No argument, it wasn’t the batteries fault, full stop.
There is a reason you can’t buy unprotected Panasonic icr 18650 cells in convenient packs of 4 or 8 next to the alkaline aa batteries in Asda/Walmart along with the weekly shop Wink
If people don’t know or understand something that could be dangerous, it’s simple they shouldn’t dick around with it.
But your quite right on the rest of your points Smile

For the record, I have never claimed it was the batteries fault this happened. Of course it was the operator who caused this fiasco. There are good reasons why we use lithium ion cells; excellent performance in terms of power, capacity and price. Nevertheless, lithium ion in my opinion is intrinsically unsafe to the point that it is desirable to have it replaced with a new safe format while maintaining its favourable qualities. Reality is that people are going to abuse anything that is available on the internet, so even if it is the operator’s fault, a safer format is desired.

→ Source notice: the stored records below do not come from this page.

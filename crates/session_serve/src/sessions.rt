//! A session over a link.

ghost use Rattle.std.specs.Prelude.{◌≡◌, ◌<◌, ◌≤◌, List, ℕ, length};
ghost use Rattle.tardis_io.specs.Told.{WhileTold};
ghost use Rattle.tardis_io.specs.Faults.{Rose};
ghost use Rattle.frame_cut.specs.Frames.{IsCut};
ghost use Rattle.site_run.specs.Endings.{EndsAs, IsRunEnd, most_taken};
ghost use Rattle.dag_lock.specs.Named.{lock_id, start_of};
ghost use Rattle.session_serve.specs.Passes.{Goes, new_places};
ghost use Rattle.session_serve.specs.Sessions.{SessionOutcome, status_of};
ghost use Rattle.session_serve.specs.Prompts.{RepliesAtOnce};

use crate::askers::{Asker, Asks};
use crate::ends::SessionEnd;
use crate::replies::SessionReplies;
use dag_lock::{DagLock, Pass};
use site_run::answer_frames;
use std::alloc::Global;
use std::sync::Wait;
use tardis_base::{Machine, NoMemory};
use tardis_io::{Duplex, Link, Status};
use wire_talk::request_codes;

/// Serves one link: the bodies of its frames are requests without an actor, asked of the lock by the session, each
/// when its turn comes, and the frames of the replies are given to the link. The last that is asked is the session's
/// Close, whose reply isn't given. Then the link is finished, whatever the end.
///
/// A request that the lock answers otherwise has no entry in the trail: where the trail is full its reply is the
/// refusal TrailFull, and where memory is wanting it is the reply NoMemory. All buffers are taken first; where they
/// aren't had, nothing is read and nothing asked.
pub fn serve_session<M: Machine, L: Link, R: Wait>(
    alloc: Global,
    rt: &R,
    lock: &DagLock<M>,
    pass: Pass,
    session: u16,
    link: &mut L,
) -> (Pass, SessionEnd)
    requires lock { pass.lock ≡ lock_id lock.now }
    ensures pass { Goes session pass result.0 }
    ensures outcome { WhileTold (L.left link.old) (L.left link.new) (SessionOutcome M.plain (M.opening (start_of lock.now).machine)
        (start_of lock.now).max_trail
        session result.1 (length pass.seen) result.0.seen (new_places pass result.0) (L.given link.old) (L.given link.new)) }
    ensures prompt { RepliesAtOnce M.plain (M.opening (start_of lock.now).machine) (start_of lock.now).max_trail session (length pass.seen)
        (L.left link.old) (L.given link.old) (L.takes link.old) (L.takes link.new) }
    ensures exact { WhileTold (L.left link.old) (L.left link.new) (λ first left. (all : List (List ℕ)) (rest : List ℕ)
        → IsCut first all rest → length first < most_taken
        → (Rose (L.take_faults link.old) (L.take_faults link.new) → ⊥) → (Rose (L.faults link.old) (L.faults link.new) → ⊥)
        → EndsAs rest (status_of result.1)) }
    ensures end { IsRunEnd (status_of result.1) }
    ensures read_later { L.take_faults link.old ≤ L.take_faults link.new }
    ensures write_later { L.faults link.old ≤ L.faults link.new }
    ensures read { result.1 ≡ SessionEnd.ReadFault → Rose (L.take_faults link.old) (L.take_faults link.new) }
    ensures write { result.1 ≡ SessionEnd.WriteFault → Rose (L.faults link.old) (L.faults link.new) }
    ensures nothing { result.1 ≡ SessionEnd.NoMemory → (result.0 ≡ pass) × (L.left link.new ≡ L.left link.old) × (L.given link.new ≡ L.given link.old) }
    ensures parts { L.parts link.new ≡ L.parts link.old }
    ensures finished { L.is_finished link.new }
{
    let served = ask_all(alloc, rt, lock, pass, session, link);
    link.finish();
    served
}

/// Serves one device, and doesn't finish it.
fn ask_all<M: Machine, D: Duplex, R: Wait>(
    alloc: Global,
    rt: &R,
    lock: &DagLock<M>,
    pass: Pass,
    session: u16,
    device: &mut D,
) -> (Pass, SessionEnd)
    requires lock { pass.lock ≡ lock_id lock.now }
    ensures pass { Goes session pass result.0 }
    ensures outcome { WhileTold (D.left device.old) (D.left device.new) (SessionOutcome M.plain (M.opening (start_of lock.now).machine)
        (start_of lock.now).max_trail
        session result.1 (length pass.seen) result.0.seen (new_places pass result.0) (D.given device.old) (D.given device.new)) }
    ensures prompt { RepliesAtOnce M.plain (M.opening (start_of lock.now).machine) (start_of lock.now).max_trail session (length pass.seen)
        (D.left device.old) (D.given device.old) (D.takes device.old) (D.takes device.new) }
    ensures exact { WhileTold (D.left device.old) (D.left device.new) (λ first left. (all : List (List ℕ)) (rest : List ℕ)
        → IsCut first all rest → length first < most_taken
        → (Rose (D.take_faults device.old) (D.take_faults device.new) → ⊥) → (Rose (D.faults device.old) (D.faults device.new) → ⊥)
        → EndsAs rest (status_of result.1)) }
    ensures end { IsRunEnd (status_of result.1) }
    ensures read_later { D.take_faults device.old ≤ D.take_faults device.new }
    ensures write_later { D.faults device.old ≤ D.faults device.new }
    ensures read { result.1 ≡ SessionEnd.ReadFault → Rose (D.take_faults device.old) (D.take_faults device.new) }
    ensures write { result.1 ≡ SessionEnd.WriteFault → Rose (D.faults device.old) (D.faults device.new) }
    ensures nothing { result.1 ≡ SessionEnd.NoMemory → (result.0 ≡ pass) × (device.new ≡ device.old) }
    ensures parts { D.parts device.new ≡ D.parts device.old }
{
    let Ok(mut replies) = SessionReplies::new(alloc) else {
        return (pass, SessionEnd::NoMemory);
    };
    let mut asker = Asker::new(rt, lock, session, pass);
    match answer_frames(alloc, &mut replies, &mut asker, device) {
        Status::NoMemory => (asker.into_pass(), SessionEnd::NoMemory),
        status => {
            let _ = asker.ask(&CLOSE, &mut replies.reply);
            (asker.into_pass(), end_of(status))
        }
    }
}

/// The request Close.
const CLOSE: [u8; 1] = [request_codes::CLOSE];

/// The end of a session of whose run this is the status.
fn end_of(status: Status) -> SessionEnd
    requires { IsRunEnd status }
    ensures { status_of result ≡ status }
{
    match status {
        Status::Ok => SessionEnd::Ended,
        Status::Cut => SessionEnd::Cut,
        Status::LongFrame { len } => SessionEnd::LongFrame { len },
        Status::ReadFault => SessionEnd::ReadFault,
        Status::WriteFault => SessionEnd::WriteFault,
        Status::Spent => SessionEnd::Spent,
        Status::NoMemory => SessionEnd::NoMemory,
        _ => unreachable!(),
    }
}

But even when taking the necessary precautions as much as possible things can go wrong. Look at Samsung: we know that they rushed the production of the Note 7 that resulted in the safety hazard. But Samsung are serious people, they even produce their own lithium ion cells; they are no fools. And yet things went wrong due to lithium ion. Look at Apple, another company with good reputation: things do go wrong there as well. The iphone 7 of a surfer was put in his pants and left in his car piled with some clothes on top. Over heating of the battery resulted in a fire that burnt down his car. One can of course argue that it was the operator’s fault, but in my opinion this is primarily due to the fact that lithium ion is intrinsically not safe.
There is a process window where it is safe to use lithium ion, but I believe this window is way to narrow, especially for consumer use. Hence, I also believe that lithium ion will eventually be replaced with a much safer format which will make lithium ion as obsolete as VHS. Cheers.